What part of the country are you in?


----------



## micbec (Apr 2, 2012)

Thanks for the replies! How long does it take the males to grow to full size? 
I originally thought this one was female because of its slender body and smallish head...but it does have quite alot of red on the chest and the 'mohawk'...


----------



## Justdragons (Apr 2, 2012)

Great looking lizards i rekon.. i love to watch my two. its just sad that within seconds of me cleaning the tank the terrible 2 destroy it before my eyes lol.


----------



## micbec (Apr 2, 2012)

Im in Brisbane


----------



## hurcorh (Apr 2, 2012)

Males can take quite a short or quite a long time to fully grow. Due to factors such as food availability, habitat and dominance ie. is there a dominating male around because if so you will find the dominating male will grow much quicker than the other one.


----------



## micbec (Apr 2, 2012)

As far as i know this is the only one here....We live in the suburbs so im guessing its come up from the creek about 200metres down the road (a busy road too!) 

Would it be bad if i left food out for it occasionally?

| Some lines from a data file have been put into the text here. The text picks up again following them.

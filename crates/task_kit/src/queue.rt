//! The open list of a search.

ghost use Rattle.std.specs.Prelude.{ℕ, ◌≡◌, [], IfSome, IfNone, OnOk};
ghost use Rattle.task_kit.specs.Queues.{IsOpen, Puts, Takes};

use mre_base::NoMemory;
use std::alloc::Global;
use std::cmp::Reverse;
use std::collections::BinaryHeap;
use std::marker::Model;

/// The open list: places of nodes, each with its cost. The one with the least cost comes next.
#[derive(Drop)]
pub struct Queue {
    heap: BinaryHeap<Reverse<(u64, usize)>>,
}

impl Model for Queue {
    ghost use Rattle.std.specs.Prelude.{List, ℕ, map};
    ghost use Rattle.std.specs.BinaryHeap.{heap_items};

    ghost Value = { List (ℕ × ℕ) };

    ghost view = { λ q. map (λ r. r.0) (heap_items q.heap) };
}

impl Queue {
    /// The empty open list.
    pub fn new(alloc: Global) -> Queue
        ensures { result ≡ [] }
    {
        Queue {
            heap: BinaryHeap::new(alloc),
        }
    }

    pub fn put(&mut self, cost: u64, place: usize) -> Result<(), NoMemory>
        ensures { OnOk result (Puts self.old place self.new) }
    {
        self.heap.push(Reverse((cost, place)))?;
        Ok(())
    }

    /// Takes the place with the least cost.
    pub fn next(&mut self) -> Option<usize>
        ensures some { IfSome result (λ place. Takes self.old place self.new) }
        ensures none { IfNone result ((p : ℕ) → ¬ IsOpen self.old p) }
    {
        let Reverse((_, place)) = self.heap.pop()?;
        Some(place)
    }
}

Like a few grapes/pieces of apple etc? Iv already left a tray of water up on our aviary for it since thats where it suns itself in the mornings.


----------



## hurcorh (Apr 2, 2012)

should be ok. just once a week or so. Wouldnt do it every day though. Things like watermelon, grapes(seedless), stawberries and apple they love


----------



## Bushman (Apr 2, 2012)

I thought it looked like one from northern climes. 
I'm sure that it would love some food that you happened to leave out. They tame up quite readily, especially when they get freebies.


----------



## mad_at_arms (Apr 2, 2012)

That's cool OP.
Do you have a pond or water source in your yard or nearby?


----------



## Scalez108 (Apr 2, 2012)

is it just me or does the ewd in the last pic look like a different ewd in the other pics-looks older. lovely lizard/s -if there are two i would think they're both males.


----------



## micbec (Apr 5, 2012)

mad_at_arms said:


> That's cool OP.
> Do you have a pond or water source in your yard or nearby?



We dont have a pond in our yard so iv put a large tray of water on top of our aviary for it, iv seen it drinking from it a few times now 



Scalez108 said:


> is it just me or does the ewd in the last pic look like a different ewd in the other pics-looks older. lovely lizard/s -if there are two i would think they're both males.



I thought the same...but i think its the same lizard. Well iv only seen one.... If there were 2, i think one must have left.


----------